▶ **Exercise brief**:
From the entries, copy out every line in which the word "clause" is found.

▶ **Study material**:
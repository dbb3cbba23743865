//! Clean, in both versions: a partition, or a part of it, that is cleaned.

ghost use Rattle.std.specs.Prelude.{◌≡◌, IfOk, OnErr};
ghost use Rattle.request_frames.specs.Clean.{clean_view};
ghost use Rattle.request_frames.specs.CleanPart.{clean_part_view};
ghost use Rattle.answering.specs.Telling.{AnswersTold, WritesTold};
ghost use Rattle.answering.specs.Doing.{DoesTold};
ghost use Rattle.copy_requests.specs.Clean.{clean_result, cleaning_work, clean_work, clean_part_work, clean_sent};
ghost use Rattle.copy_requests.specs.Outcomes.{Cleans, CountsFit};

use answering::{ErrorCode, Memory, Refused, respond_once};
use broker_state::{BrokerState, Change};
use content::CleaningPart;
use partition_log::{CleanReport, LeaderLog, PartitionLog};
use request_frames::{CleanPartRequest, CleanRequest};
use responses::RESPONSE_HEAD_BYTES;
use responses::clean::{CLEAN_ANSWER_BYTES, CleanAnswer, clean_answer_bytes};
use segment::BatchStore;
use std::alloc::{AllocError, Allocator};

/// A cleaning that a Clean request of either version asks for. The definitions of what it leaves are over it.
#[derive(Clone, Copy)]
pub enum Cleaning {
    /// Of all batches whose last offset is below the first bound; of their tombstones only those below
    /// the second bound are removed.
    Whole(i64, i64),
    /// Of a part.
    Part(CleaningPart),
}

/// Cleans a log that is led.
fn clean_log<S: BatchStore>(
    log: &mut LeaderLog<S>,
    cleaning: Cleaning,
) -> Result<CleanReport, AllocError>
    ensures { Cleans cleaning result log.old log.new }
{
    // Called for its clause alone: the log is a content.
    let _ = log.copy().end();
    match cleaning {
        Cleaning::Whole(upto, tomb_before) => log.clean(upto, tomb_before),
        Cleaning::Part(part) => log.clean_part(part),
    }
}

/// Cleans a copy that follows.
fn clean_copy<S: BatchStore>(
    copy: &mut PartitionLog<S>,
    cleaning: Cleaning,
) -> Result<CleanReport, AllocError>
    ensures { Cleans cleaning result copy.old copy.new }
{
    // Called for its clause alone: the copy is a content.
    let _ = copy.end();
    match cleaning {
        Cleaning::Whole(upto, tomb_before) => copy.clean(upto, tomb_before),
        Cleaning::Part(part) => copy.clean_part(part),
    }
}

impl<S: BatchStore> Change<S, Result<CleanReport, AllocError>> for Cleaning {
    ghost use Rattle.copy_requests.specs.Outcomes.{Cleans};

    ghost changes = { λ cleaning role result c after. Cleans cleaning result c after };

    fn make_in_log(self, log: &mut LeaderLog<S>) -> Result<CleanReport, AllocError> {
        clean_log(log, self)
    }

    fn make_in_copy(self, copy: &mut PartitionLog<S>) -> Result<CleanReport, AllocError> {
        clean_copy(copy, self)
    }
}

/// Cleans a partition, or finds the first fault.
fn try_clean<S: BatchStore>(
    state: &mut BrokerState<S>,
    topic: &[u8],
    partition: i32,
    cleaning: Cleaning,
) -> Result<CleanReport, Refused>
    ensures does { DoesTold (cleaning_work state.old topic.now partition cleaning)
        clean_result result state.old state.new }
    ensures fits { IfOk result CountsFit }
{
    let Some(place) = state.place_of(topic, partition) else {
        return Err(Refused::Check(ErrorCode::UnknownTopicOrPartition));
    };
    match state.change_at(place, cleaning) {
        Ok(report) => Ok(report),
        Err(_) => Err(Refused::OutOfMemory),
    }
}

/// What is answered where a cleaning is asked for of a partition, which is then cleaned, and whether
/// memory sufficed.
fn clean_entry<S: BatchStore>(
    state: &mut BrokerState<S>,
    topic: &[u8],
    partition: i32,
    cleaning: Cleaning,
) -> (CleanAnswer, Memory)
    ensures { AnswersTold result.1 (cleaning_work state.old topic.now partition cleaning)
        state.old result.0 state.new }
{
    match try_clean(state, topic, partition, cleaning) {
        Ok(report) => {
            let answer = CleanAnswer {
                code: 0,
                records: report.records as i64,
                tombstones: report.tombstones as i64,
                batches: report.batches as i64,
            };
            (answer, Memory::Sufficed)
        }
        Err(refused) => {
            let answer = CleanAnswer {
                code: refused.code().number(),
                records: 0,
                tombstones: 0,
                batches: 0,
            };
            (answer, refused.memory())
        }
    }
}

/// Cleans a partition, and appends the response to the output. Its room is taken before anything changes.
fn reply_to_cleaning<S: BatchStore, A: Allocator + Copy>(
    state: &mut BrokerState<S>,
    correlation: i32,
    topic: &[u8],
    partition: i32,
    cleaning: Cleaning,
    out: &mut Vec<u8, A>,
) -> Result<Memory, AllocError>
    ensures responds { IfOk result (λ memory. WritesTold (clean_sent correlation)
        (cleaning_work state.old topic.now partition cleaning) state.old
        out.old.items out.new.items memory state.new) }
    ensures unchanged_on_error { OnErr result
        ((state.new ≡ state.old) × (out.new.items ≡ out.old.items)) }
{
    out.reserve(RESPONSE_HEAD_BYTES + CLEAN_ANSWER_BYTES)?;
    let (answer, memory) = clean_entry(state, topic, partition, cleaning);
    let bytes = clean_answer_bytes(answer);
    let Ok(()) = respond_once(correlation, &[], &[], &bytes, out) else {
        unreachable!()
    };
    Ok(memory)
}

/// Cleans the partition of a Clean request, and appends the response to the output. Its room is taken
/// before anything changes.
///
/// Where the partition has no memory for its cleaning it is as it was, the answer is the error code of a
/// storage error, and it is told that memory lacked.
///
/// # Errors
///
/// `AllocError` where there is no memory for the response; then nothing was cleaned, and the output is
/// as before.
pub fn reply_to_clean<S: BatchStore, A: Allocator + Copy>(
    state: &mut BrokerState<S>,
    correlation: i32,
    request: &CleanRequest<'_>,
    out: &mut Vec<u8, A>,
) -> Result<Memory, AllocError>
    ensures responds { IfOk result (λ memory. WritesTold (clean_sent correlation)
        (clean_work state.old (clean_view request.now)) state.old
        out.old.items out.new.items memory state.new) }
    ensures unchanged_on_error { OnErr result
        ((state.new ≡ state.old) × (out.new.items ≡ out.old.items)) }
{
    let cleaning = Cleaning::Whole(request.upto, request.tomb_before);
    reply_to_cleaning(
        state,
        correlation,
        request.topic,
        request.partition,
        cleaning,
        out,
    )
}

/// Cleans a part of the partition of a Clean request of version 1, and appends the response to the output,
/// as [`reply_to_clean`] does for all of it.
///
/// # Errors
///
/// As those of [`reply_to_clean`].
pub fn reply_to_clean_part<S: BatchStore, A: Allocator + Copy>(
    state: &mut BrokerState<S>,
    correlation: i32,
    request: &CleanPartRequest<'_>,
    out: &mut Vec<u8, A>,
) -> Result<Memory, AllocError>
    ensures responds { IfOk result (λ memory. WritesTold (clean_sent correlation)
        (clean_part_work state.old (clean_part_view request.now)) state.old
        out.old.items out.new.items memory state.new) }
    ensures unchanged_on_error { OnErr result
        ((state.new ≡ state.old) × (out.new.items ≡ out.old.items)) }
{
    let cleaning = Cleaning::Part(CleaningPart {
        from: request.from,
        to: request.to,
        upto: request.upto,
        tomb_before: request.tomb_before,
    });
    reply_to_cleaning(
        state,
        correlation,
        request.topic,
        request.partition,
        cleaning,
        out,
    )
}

▶ **Task response**:
    // Called for its clause alone: the log is a content.
    // Called for its clause alone: the copy is a content.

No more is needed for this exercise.